Alien: Covenant, o deberíamos decir, Prometheus 2 [REVIEW]

(Esta reseña contiene algunos spoilers).

Alien: Covenant no marca un regreso al terror de Alien de 1979, se trata más bien de una secuela de Prometheus con algunos elementos del filme clásico. Covenant está más preocupada por narrar los temas “de origen” de Prometheus más que por volver a la fórmula original.

Lo cual, desde mi punto de vista, es muy desafortunado.

Debo empezar aclarando algunos puntos. Primero: lo que amo de aquella Alien de 1979 es su combinación de atmósferas asfixiantes que combinan el terror y el sci-fi, y una idea del futuro como algo sucio, desgastado, húmedo y… oscuro (Ridley Scott generó esta visión a partir de Star Wars, la refinó y luego la volvió algo legendario en Blade Runner). Alien me trae recuerdos cinematográficos de una edad temprana (¡la vi con mi padre en el ahora extinto Cine Apolo de Ciudad Satélite por allá de 1980!), y la Aliens de 1986 fue la película de los 80 cuya espera me causó más ansiedad de fan. Más que cualquiera de Indy Jones. Más que Star Wars. Así es que hay añoranzas personales ahí en medio, lo admito.

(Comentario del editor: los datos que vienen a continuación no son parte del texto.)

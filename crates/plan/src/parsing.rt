ghost use Rattle.plan.specs.Parses.{ParseAnswer};

use super::plan::{NAMES, Plan};
use grammar::{PlanError, Refusal};
use layout::lay_out;
use reader::{Reader, blank_leaves, enter_all, judge};
use std::alloc::Global;
use text::Kind;

// How many bytes a text has at the most.
const BYTES: usize = 2_048;

/// Reads a plan's text. The distinct names are written to the front of the buffer, in the order in which they come first.
pub fn parse<K: Kind>(heap: Global, text: &[u8], names: &mut [K]) -> Result<Plan, PlanError>
    ensures { ParseAnswer K.text K.has text.now names.old names.new result }
{
    if names.len() < NAMES {
        return Err(Refusal::Short(NAMES).into());
    }
    if text.is_empty() || text.len() > BYTES {
        return Err(Refusal::Length.into());
    }
    let mut reader = Reader::new(heap, text);
    let plan = judge::<K>(&mut reader)?;
    let tree = plan.tree?;
    let layout = lay_out(&tree, heap)?;
    let mut leaves = blank_leaves(&reader)?;
    let count = enter_all(&reader, names, &mut leaves);
    Ok(Plan {
        tree,
        leaves,
        names: count,
        rows: layout.rows,
        moves: layout.moves,
    })
}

Antes de pasar a por qué considero que Alien: Covenant, al igual que su predecesora, Prometheus (la cual reseñé cuando apareció en 2012, y que sorprendemente no odié tanto en su momento), están apuntadas en la dirección equivocada, debo decir un par de cosas más al respecto del filme original.

Alien es un filme, en mi corazón, sobre un monstruo que persigue gente a bordo de naves espaciales para asesinarla. ¡Es el original “horror de supervivencia”! De hecho, el título en español de la película original era, a su inocente manera, escalofriante: “Alien, el octavo pasajero”. Ese agregado lo dice todo, anticipa la carnicería y la tensión. El cartel, además, no exhibía a la criatura —solo al huevo del que se desprende el horrendo facehugger. Y la cinta tampoco muestra tanto, no lo necesita: quizá aprendiendo algo de Tiburón, Scott decidió darnos apenas lo necesario del xenomorfo, solo lo que nuestras mentes paranoicas necesitaban para sentir la opresión de los tripulantes de la Nostromo.

Tipos disfrazados de xenomorfos diseñados por H.R. Giger. Así el nivel básico de genialidad de la original Alien.

La venerable Encyclopedia of Science Fiction (ganadora del Hugo) de John Clute y Peter Nicholls, dice que las secuencias de horror en Alien están tramadas “a lo largo de líneas profundamente convencionales”. Justo a eso me refiero: Alien es un filme poco sofisticado en su esencia, es solo una historia del juego del gato y el ratón del mismo modo que Mad Max: Fury Road es el relato de una ida y un regreso. Y ahí radica para mí, en esa simpleza, su genialidad.

No es difícil imaginarse que la simplicidad de la original Alien provocó que fuera maltratada por la crítica, y que esto produjera comentarios negativos como el de Roger Ebert, quien la describió así: “Básicamente solo es un thriller sobre una casa de los espantos intergaláctica que se lleva a cabo adentro de una nave espacial”. Yo creo que las malas críticas calaron hondo en Scott. Cameron de alguna forma superó la fórmula con Aliens y luego Aliens 3 Alien: Resurrection solo se dedicaron a manosear la misma fórmula efectista. La vieja historia del gato y el ratón, pero con no muy buenos resultados.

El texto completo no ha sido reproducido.